====== SUPPLIED MATERIAL
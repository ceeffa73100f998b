// The result list: where its sections start, and its groups of sections put into the lent list from a place on. Each function that puts answers the
// place after what it put.
#![tactic(auto)]

ghost use Rattle.std.specs.Prelude.{◌≡◌, ◌++◌, ◌+◌, ◌-◌, ◌*◌, ◌≤◌, ◌<◌, length, take};
ghost use Rattle.std.proofs.lemmas.List.Edits.{sets};
ghost use Rattle.rules.specs.Lists.{joined, up_to};
ghost use Rattle.rules.specs.Record.{cells};
ghost use Rattle.rules.specs.Results.{result_count, separation_sections, completion_sections, ladder_sections, tail_sections, most_entries};
ghost use Rattle.listing.specs.Starts.{starts_of, average_row_of, Addable};

use entries::{put_integers, put_natural, put_naturals, sum_of};
use layout::cells_of;

// Where the sections after the averages start.
#[derive(Clone, Copy)]
pub struct Starts {
    pub shares: usize,
    pub levels: usize,
    pub ahead: usize,
    pub payments: usize,
    pub provisions: usize,
    pub provision: usize,
    pub unreported: usize,
    pub reserves: usize,
    pub reserve: usize,
    pub ratio: usize,
    pub factors: usize,
    pub completed: usize,
    pub tails: usize,
}

pub fn starts_of(k: usize) -> Starts
    requires { k < 16 }
    ensures { result ≡ starts_of k }
{
    let n = k + 1;
    let shares = cells_of(k);
    let future = shares - n;
    let levels = shares + n;
    let ahead = levels + n;
    let payments = ahead + k;
    let provisions = payments + future;
    let provision = provisions + n;
    let unreported = provision + 1;
    let reserves = unreported + n;
    let reserve = reserves + n;
    let ratio = reserve + 1;
    let factors = ratio + 1;
    let completed = factors + k;
    let tails = completed + future;
    Starts {
        shares,
        levels,
        ahead,
        payments,
        provisions,
        provision,
        unreported,
        reserves,
        reserve,
        ratio,
        factors,
        completed,
        tails,
    }
}

// How many entries the result list has.
pub fn entries_of(k: usize) -> usize
    requires { k < 16 }
    ensures { (result ≡ result_count k) × (result ≤ most_entries) }
{
    3 * cells_of(k) + 6 * k + 7
}

// The averages by row.
fn put_averages(out: &mut [i64], square: &[[i64; 16]; 16], k: usize) -> usize
    requires { (k < 16) × (cells k ≤ length out.old) }
    ensures { (result ≡ cells k) × (out.new ≡ sets out.old 0 (joined (up_to (average_row_of k square.now) (k + 1)))) }
{
    let mut at: usize = 0;
    let n = k + 1;
    for i in 0..n {
        at = put_integers(out, at, &square[i], n - i);
    }
    at
}

// The averages, the shares and the levels.
pub fn put_separation(
    out: &mut [i64],
    square: &[[i64; 16]; 16],
    shares: &[u64; 16],
    levels: &[u64; 16],
    k: usize,
) -> usize
    requires { (k < 16) × ((cells k + 2 * (k + 1) ≤ length out.old) × (Addable shares.now × Addable levels.now)) }
    ensures { (result ≡ cells k + 2 * (k + 1))
        × ((result ≡ length (joined (separation_sections k square.now (take (k + 1) shares.now) (take (k + 1) levels.now))))
        × (out.new
        ≡ sets out.old 0
        (joined (separation_sections k square.now (take (k + 1) shares.now) (take (k + 1) levels.now))))) }
{
    let n = k + 1;
    let a = put_averages(out, square, k);
    let b = put_naturals(out, a, shares, n);
    put_naturals(out, b, levels, n)
}

// The future levels, the payments, the provisions and their total.
pub fn put_completion(
    out: &mut [i64],
    at: usize,
    levels: &[u64; 16],
    payments: &[u64; 120],
    provisions: &[u64; 16],
    k: usize,
) -> usize
    requires { (k < 16)
        × ((at + cells k + k + 1 ≤ length out.old) × (Addable levels.now × (Addable payments.now × Addable provisions.now))) }
    ensures { (result ≡ at + cells k + k + 1)
        × ((result
        ≡ at
        + length (joined
        (completion_sections (take k levels.now) (take (cells k - (k + 1)) payments.now) (take (k + 1) provisions.now))))
        × (out.new
        ≡ sets out.old at
        (joined
        (completion_sections (take k levels.now) (take (cells k - (k + 1)) payments.now) (take (k + 1) provisions.now))))) }
{
    let n = k + 1;
    let a = put_naturals(out, at, levels, k);
    let b = put_naturals(out, a, payments, cells_of(k) - n);
    let c = put_naturals(out, b, provisions, n);
    put_natural(out, c, sum_of(provisions, n))
}

// The development factors, the completed cumulatives and the tail payments, with which the list ends.
pub fn put_last(
    out: &mut [i64],
    at: usize,
    factors: &[u64; 16],
    completed: &[u64; 120],
    tails: &[u64; 16],
    k: usize,
) -> usize
    requires { (k < 16)
        × ((at + cells k + k ≤ length out.old) × (Addable factors.now × (Addable completed.now × Addable tails.now))) }
    ensures { (result ≡ at + cells k + k)
        × (out.new
        ≡ sets out.old at
        (joined
        (ladder_sections (take k factors.now) (take (cells k - (k + 1)) completed.now) ++ tail_sections (take (k + 1) tails.now)))) }
{
    let n = k + 1;
    let a = put_naturals(out, at, factors, k);
    let b = put_naturals(out, a, completed, cells_of(k) - n);
    put_naturals(out, b, tails, n)
}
============
TASK STATEMENT:
List the lines of the entries that include "unreported".

TASK RESULT:
    pub unreported: usize,
    let unreported = provision + 1;
    let reserves = unreported + n;
        unreported,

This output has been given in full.